───── EXERCISE DATA ─────

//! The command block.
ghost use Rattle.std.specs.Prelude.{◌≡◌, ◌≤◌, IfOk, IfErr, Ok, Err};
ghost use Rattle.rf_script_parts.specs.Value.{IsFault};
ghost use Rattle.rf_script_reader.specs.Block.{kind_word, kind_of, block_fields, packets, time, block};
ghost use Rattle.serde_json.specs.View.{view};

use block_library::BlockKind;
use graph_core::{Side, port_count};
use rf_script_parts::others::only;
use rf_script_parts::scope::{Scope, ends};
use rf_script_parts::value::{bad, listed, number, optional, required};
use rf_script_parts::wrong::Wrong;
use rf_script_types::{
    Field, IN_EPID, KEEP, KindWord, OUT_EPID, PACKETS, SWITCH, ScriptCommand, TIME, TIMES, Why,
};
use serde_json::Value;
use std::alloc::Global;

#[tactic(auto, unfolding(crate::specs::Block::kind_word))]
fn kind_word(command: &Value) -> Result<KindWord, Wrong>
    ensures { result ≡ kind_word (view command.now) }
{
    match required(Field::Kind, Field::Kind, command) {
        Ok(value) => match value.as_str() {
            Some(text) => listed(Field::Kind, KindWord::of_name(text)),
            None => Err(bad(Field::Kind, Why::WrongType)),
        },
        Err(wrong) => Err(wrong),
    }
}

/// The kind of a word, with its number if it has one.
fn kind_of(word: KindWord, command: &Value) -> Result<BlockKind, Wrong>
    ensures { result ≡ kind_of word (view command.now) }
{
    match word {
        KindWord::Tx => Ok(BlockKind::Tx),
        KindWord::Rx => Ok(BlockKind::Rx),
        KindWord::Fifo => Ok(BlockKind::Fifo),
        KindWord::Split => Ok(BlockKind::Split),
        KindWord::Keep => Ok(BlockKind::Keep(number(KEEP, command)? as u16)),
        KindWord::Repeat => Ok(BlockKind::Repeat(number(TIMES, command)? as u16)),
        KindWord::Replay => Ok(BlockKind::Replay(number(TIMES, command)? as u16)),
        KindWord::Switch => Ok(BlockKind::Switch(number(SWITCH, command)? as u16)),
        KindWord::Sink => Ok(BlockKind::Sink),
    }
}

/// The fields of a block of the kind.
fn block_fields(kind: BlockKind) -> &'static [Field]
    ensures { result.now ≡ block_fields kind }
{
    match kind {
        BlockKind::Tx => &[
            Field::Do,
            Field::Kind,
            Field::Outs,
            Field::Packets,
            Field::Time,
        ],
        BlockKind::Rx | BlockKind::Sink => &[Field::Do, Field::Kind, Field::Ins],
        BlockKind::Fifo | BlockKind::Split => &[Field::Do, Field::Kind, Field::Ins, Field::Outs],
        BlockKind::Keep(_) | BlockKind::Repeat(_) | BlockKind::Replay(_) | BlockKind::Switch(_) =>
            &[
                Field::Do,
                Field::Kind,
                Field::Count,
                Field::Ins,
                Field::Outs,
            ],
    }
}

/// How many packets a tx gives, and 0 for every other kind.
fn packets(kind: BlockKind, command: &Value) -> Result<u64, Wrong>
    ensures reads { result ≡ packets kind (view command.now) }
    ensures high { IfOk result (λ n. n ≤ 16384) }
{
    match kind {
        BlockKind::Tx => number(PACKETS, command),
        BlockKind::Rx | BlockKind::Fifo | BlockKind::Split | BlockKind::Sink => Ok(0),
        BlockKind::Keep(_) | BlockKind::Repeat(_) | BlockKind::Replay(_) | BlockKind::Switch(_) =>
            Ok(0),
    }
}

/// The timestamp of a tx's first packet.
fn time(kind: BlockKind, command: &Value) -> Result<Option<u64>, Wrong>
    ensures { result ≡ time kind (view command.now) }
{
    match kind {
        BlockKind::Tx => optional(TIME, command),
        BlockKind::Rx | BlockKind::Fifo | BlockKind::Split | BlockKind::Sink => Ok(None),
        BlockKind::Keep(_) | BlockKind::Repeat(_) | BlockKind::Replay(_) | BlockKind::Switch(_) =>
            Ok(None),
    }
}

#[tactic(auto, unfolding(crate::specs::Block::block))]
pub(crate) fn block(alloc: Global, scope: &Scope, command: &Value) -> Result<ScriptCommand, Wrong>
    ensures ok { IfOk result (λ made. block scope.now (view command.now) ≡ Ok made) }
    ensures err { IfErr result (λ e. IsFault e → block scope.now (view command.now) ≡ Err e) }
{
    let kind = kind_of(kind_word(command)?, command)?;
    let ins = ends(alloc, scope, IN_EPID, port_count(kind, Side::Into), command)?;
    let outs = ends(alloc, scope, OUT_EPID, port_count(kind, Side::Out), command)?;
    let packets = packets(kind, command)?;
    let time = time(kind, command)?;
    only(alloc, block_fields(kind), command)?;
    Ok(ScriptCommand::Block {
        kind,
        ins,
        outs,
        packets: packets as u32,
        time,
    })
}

─────

▶ _WORK INSTRUCTIONS_
Return the span of lines in the data above that opens at the line with "tx's first packet." and closes at the line with "-> Result<ScriptCommand, Wrong>", exactly, ends included, nothing else.

▶ _PROBLEM SOLUTION_
/// The timestamp of a tx's first packet.
fn time(kind: BlockKind, command: &Value) -> Result<Option<u64>, Wrong>
    ensures { result ≡ time kind (view command.now) }
{
    match kind {
        BlockKind::Tx => optional(TIME, command),
        BlockKind::Rx | BlockKind::Fifo | BlockKind::Split | BlockKind::Sink => Ok(None),
        BlockKind::Keep(_) | BlockKind::Repeat(_) | BlockKind::Replay(_) | BlockKind::Switch(_) =>
            Ok(None),
    }
}

#[tactic(auto, unfolding(crate::specs::Block::block))]
pub(crate) fn block(alloc: Global, scope: &Scope, command: &Value) -> Result<ScriptCommand, Wrong>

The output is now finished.